• Your assignment
Read the records and write them out again exactly.

[Stored items from a collection]
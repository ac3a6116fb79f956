ghost use Rattle.std.specs.Prelude.{◌≡◌, ◌+◌, ◌≤◌, [], IfOk, length};
ghost use Rattle.mp_base.specs.declared.limits.TheConstants.{TEXT_LIMIT};
ghost use Rattle.mp_base.specs.Position.{position_of};
ghost use Rattle.mp_base.specs.Text.{bytes_of};
ghost use Rattle.mp_text.specs.Changes.{change_bytes, change_removed, change_start, size_to};
ghost use Rattle.mp_text.specs.Edits.{IsInRange, edited, line_at};
ghost use Rattle.mp_text.specs.Versions.{IsText};

use crate::bytes::new_bytes;
use crate::edits::Edit;
use crate::pieces::{Pieces, VersionReader};
use mp_base::{At, Bytes, Memory, TEXT_LIMIT};
use std::alloc::Global;
use std::marker::Model;

/// A text whose bytes stand in pieces that versions share. Its last line is ended, so that its lines and its bytes tell
/// each other.
#[derive(Drop)]
pub(crate) struct SharedText {
    pieces: Pieces,
}

impl Model for SharedText {
    ghost use Rattle.std.specs.Prelude.{◌≡◌, List, ℕ};
    ghost use Rattle.mp_base.specs.Text.{bytes_of, lines_of};

    ghost Value = { List (List ℕ) };

    ghost view = { λ text. lines_of text.pieces };

    ghost invariant = { λ text. bytes_of (lines_of text.pieces) ≡ text.pieces };
}

impl SharedText {
    /// No lines.
    pub(crate) fn new(alloc: Global) -> SharedText
        ensures { result ≡ [] }
    {
        SharedText {
            pieces: Pieces::new(alloc),
        }
    }

    /// The bytes, one by one.
    pub(crate) fn reader(&self) -> VersionReader<'_>
        ensures { result ≡ bytes_of self.now }
    {
        VersionReader {
            pieces: &self.pieces,
        }
    }

    /// The bytes in one, each line with its line end.
    pub(crate) fn bytes(&self, alloc: Global) -> Result<Bytes, Memory>
        ensures { IfOk result (λ bytes. bytes ≡ bytes_of self.now) }
    {
        self.pieces.bytes(alloc)
    }

    /// How many bytes there are.
    pub(crate) fn len(&self) -> u32
        ensures { result ≡ length (bytes_of self.now) }
    {
        self.pieces.len()
    }

    /// The same text, with all its pieces shared.
    pub(crate) fn copy(&self, alloc: Global) -> Result<SharedText, Memory>
        requires { length (bytes_of self.now) ≤ TEXT_LIMIT }
        ensures { IfOk result (λ made. made ≡ self.now) }
    {
        let pieces = self.pieces.copy(alloc)?;
        Ok(SharedText { pieces })
    }

    /// The number of lines.
    pub(crate) fn line_count(&self) -> u32
        ensures { result ≡ length self.now }
    {
        self.pieces.line_ends()
    }

    /// The number of bytes of the first lines, with their line ends.
    pub(crate) fn size_to(&self, lines: u32) -> u32
        requires { lines ≤ length self.now }
        ensures { result ≡ size_to lines self.now }
    {
        self.pieces.line_start(lines)
    }

    /// The number of bytes of a line.
    pub(crate) fn line_len(&self, line: u32) -> u32
        requires first { 1 ≤ line }
        requires last { line ≤ length self.now }
        ensures { result ≡ length (line_at self.now line) }
    {
        self.size_to(line) - self.size_to(line - 1) - 1
    }

    /// The line and column of a byte, or of the end.
    pub(crate) fn position(&self, byte: u32) -> At
        requires within { byte ≤ length (bytes_of self.now) }
        requires small { length (bytes_of self.now) ≤ TEXT_LIMIT }
        ensures { result ≡ position_of self.now byte }
    {
        let before = self.pieces.line_ends_to(byte);
        let start = self.pieces.line_start(before);
        At {
            line: before + 1,
            column: byte - start + 1,
        }
    }

    /// Where an edit changes the bytes.
    #[tactic(auto, unfolding(crate::specs::Changes::change_start))]
    pub(crate) fn change_start(&self, edit: &Edit) -> u32
        requires range { IsInRange edit.now self.now }
        requires small { length (bytes_of self.now) ≤ TEXT_LIMIT }
        ensures { result ≡ change_start edit.now self.now }
    {
        match edit {
            Edit::Insert { after, .. } => self.size_to(*after),
            Edit::Delete { first, .. } => self.size_to(*first - 1),
            Edit::Replace { first, .. } => self.size_to(*first - 1),
            Edit::Sub { line, column, .. } => self.size_to(*line - 1) + (*column - 1),
        }
    }

    /// How many bytes an edit takes away.
    #[tactic(auto, unfolding(crate::specs::Changes::change_removed))]
    pub(crate) fn change_removed(&self, edit: &Edit) -> u32
        requires range { IsInRange edit.now self.now }
        ensures { result ≡ change_removed edit.now self.now }
    {
        match edit {
            Edit::Insert { .. } => 0,
            Edit::Delete { first, last } => self.size_to(*last) - self.size_to(*first - 1),
            Edit::Replace { first, last, .. } => self.size_to(*last) - self.size_to(*first - 1),
            Edit::Sub { count, .. } => *count,
        }
    }

    /// The text that an edit makes; what it leaves as it was is shared.
    pub(crate) fn edited(&self, alloc: Global, edit: &Edit) -> Result<SharedText, Memory>
        requires range { IsInRange edit.now self.now }
        requires text { IsText self.now }
        requires made { IsText (edited edit.now self.now) }
        ensures { IfOk result (λ made. made ≡ edited edit.now self.now) }
    {
        let start = self.change_start(edit);
        let removed = self.change_removed(edit);
        let new = new_bytes(alloc, edit)?;
        let pieces = self.pieces.spliced(alloc, start, removed, new.get())?;
        Ok(SharedText { pieces })
    }
}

• Answer for this exercise
repository ac3a6116fb79f956
ghost use Rattle.std.specs.Prelude.{◌≡◌, ◌+◌, ◌≤◌, [], IfOk, length};
ghost use Rattle.mp_base.specs.declared.limits.TheConstants.{TEXT_LIMIT};
ghost use Rattle.mp_base.specs.Position.{position_of};
ghost use Rattle.mp_base.specs.Text.{bytes_of};
ghost use Rattle.mp_text.specs.Changes.{change_bytes, change_removed, change_start, size_to};
ghost use Rattle.mp_text.specs.Edits.{IsInRange, edited, line_at};
ghost use Rattle.mp_text.specs.Versions.{IsText};

use crate::bytes::new_bytes;
use crate::edits::Edit;
use crate::pieces::{Pieces, VersionReader};
use mp_base::{At, Bytes, Memory, TEXT_LIMIT};
use std::alloc::Global;
use std::marker::Model;

/// A text whose bytes stand in pieces that versions share. Its last line is ended, so that its lines and its bytes tell
/// each other.
#[derive(Drop)]
pub(crate) struct SharedText {
    pieces: Pieces,
}

impl Model for SharedText {
    ghost use Rattle.std.specs.Prelude.{◌≡◌, List, ℕ};
    ghost use Rattle.mp_base.specs.Text.{bytes_of, lines_of};

    ghost Value = { List (List ℕ) };

    ghost view = { λ text. lines_of text.pieces };

    ghost invariant = { λ text. bytes_of (lines_of text.pieces) ≡ text.pieces };
}

impl SharedText {
    /// No lines.
    pub(crate) fn new(alloc: Global) -> SharedText
        ensures { result ≡ [] }
    {
        SharedText {
            pieces: Pieces::new(alloc),
        }
    }

    /// The bytes, one by one.
    pub(crate) fn reader(&self) -> VersionReader<'_>
        ensures { result ≡ bytes_of self.now }
    {
        VersionReader {
            pieces: &self.pieces,
        }
    }

    /// The bytes in one, each line with its line end.
    pub(crate) fn bytes(&self, alloc: Global) -> Result<Bytes, Memory>
        ensures { IfOk result (λ bytes. bytes ≡ bytes_of self.now) }
    {
        self.pieces.bytes(alloc)
    }

    /// How many bytes there are.
    pub(crate) fn len(&self) -> u32
        ensures { result ≡ length (bytes_of self.now) }
    {
        self.pieces.len()
    }

    /// The same text, with all its pieces shared.
    pub(crate) fn copy(&self, alloc: Global) -> Result<SharedText, Memory>
        requires { length (bytes_of self.now) ≤ TEXT_LIMIT }
        ensures { IfOk result (λ made. made ≡ self.now) }
    {
        let pieces = self.pieces.copy(alloc)?;
        Ok(SharedText { pieces })
    }

    /// The number of lines.
    pub(crate) fn line_count(&self) -> u32
        ensures { result ≡ length self.now }
    {
        self.pieces.line_ends()
    }

    /// The number of bytes of the first lines, with their line ends.
    pub(crate) fn size_to(&self, lines: u32) -> u32
        requires { lines ≤ length self.now }
        ensures { result ≡ size_to lines self.now }
    {
        self.pieces.line_start(lines)
    }

    /// The number of bytes of a line.
    pub(crate) fn line_len(&self, line: u32) -> u32
        requires first { 1 ≤ line }
        requires last { line ≤ length self.now }
        ensures { result ≡ length (line_at self.now line) }
    {
        self.size_to(line) - self.size_to(line - 1) - 1
    }

    /// The line and column of a byte, or of the end.
    pub(crate) fn position(&self, byte: u32) -> At
        requires within { byte ≤ length (bytes_of self.now) }
        requires small { length (bytes_of self.now) ≤ TEXT_LIMIT }
        ensures { result ≡ position_of self.now byte }
    {
        let before = self.pieces.line_ends_to(byte);
        let start = self.pieces.line_start(before);
        At {
            line: before + 1,
            column: byte - start + 1,
        }
    }

    /// Where an edit changes the bytes.
    #[tactic(auto, unfolding(crate::specs::Changes::change_start))]
    pub(crate) fn change_start(&self, edit: &Edit) -> u32
        requires range { IsInRange edit.now self.now }
        requires small { length (bytes_of self.now) ≤ TEXT_LIMIT }
        ensures { result ≡ change_start edit.now self.now }
    {
        match edit {
            Edit::Insert { after, .. } => self.size_to(*after),
            Edit::Delete { first, .. } => self.size_to(*first - 1),
            Edit::Replace { first, .. } => self.size_to(*first - 1),
            Edit::Sub { line, column, .. } => self.size_to(*line - 1) + (*column - 1),
        }
    }

    /// How many bytes an edit takes away.
    #[tactic(auto, unfolding(crate::specs::Changes::change_removed))]
    pub(crate) fn change_removed(&self, edit: &Edit) -> u32
        requires range { IsInRange edit.now self.now }
        ensures { result ≡ change_removed edit.now self.now }
    {
        match edit {
            Edit::Insert { .. } => 0,
            Edit::Delete { first, last } => self.size_to(*last) - self.size_to(*first - 1),
            Edit::Replace { first, last, .. } => self.size_to(*last) - self.size_to(*first - 1),
            Edit::Sub { count, .. } => *count,
        }
    }

    /// The text that an edit makes; what it leaves as it was is shared.
    pub(crate) fn edited(&self, alloc: Global, edit: &Edit) -> Result<SharedText, Memory>
        requires range { IsInRange edit.now self.now }
        requires text { IsText self.now }
        requires made { IsText (edited edit.now self.now) }
        ensures { IfOk result (λ made. made ≡ edited edit.now self.now) }
    {
        let start = self.change_start(edit);
        let removed = self.change_removed(edit);
        let new = new_bytes(alloc, edit)?;
        let pieces = self.pieces.spliced(alloc, start, removed, new.get())?;
        Ok(SharedText { pieces })
    }
}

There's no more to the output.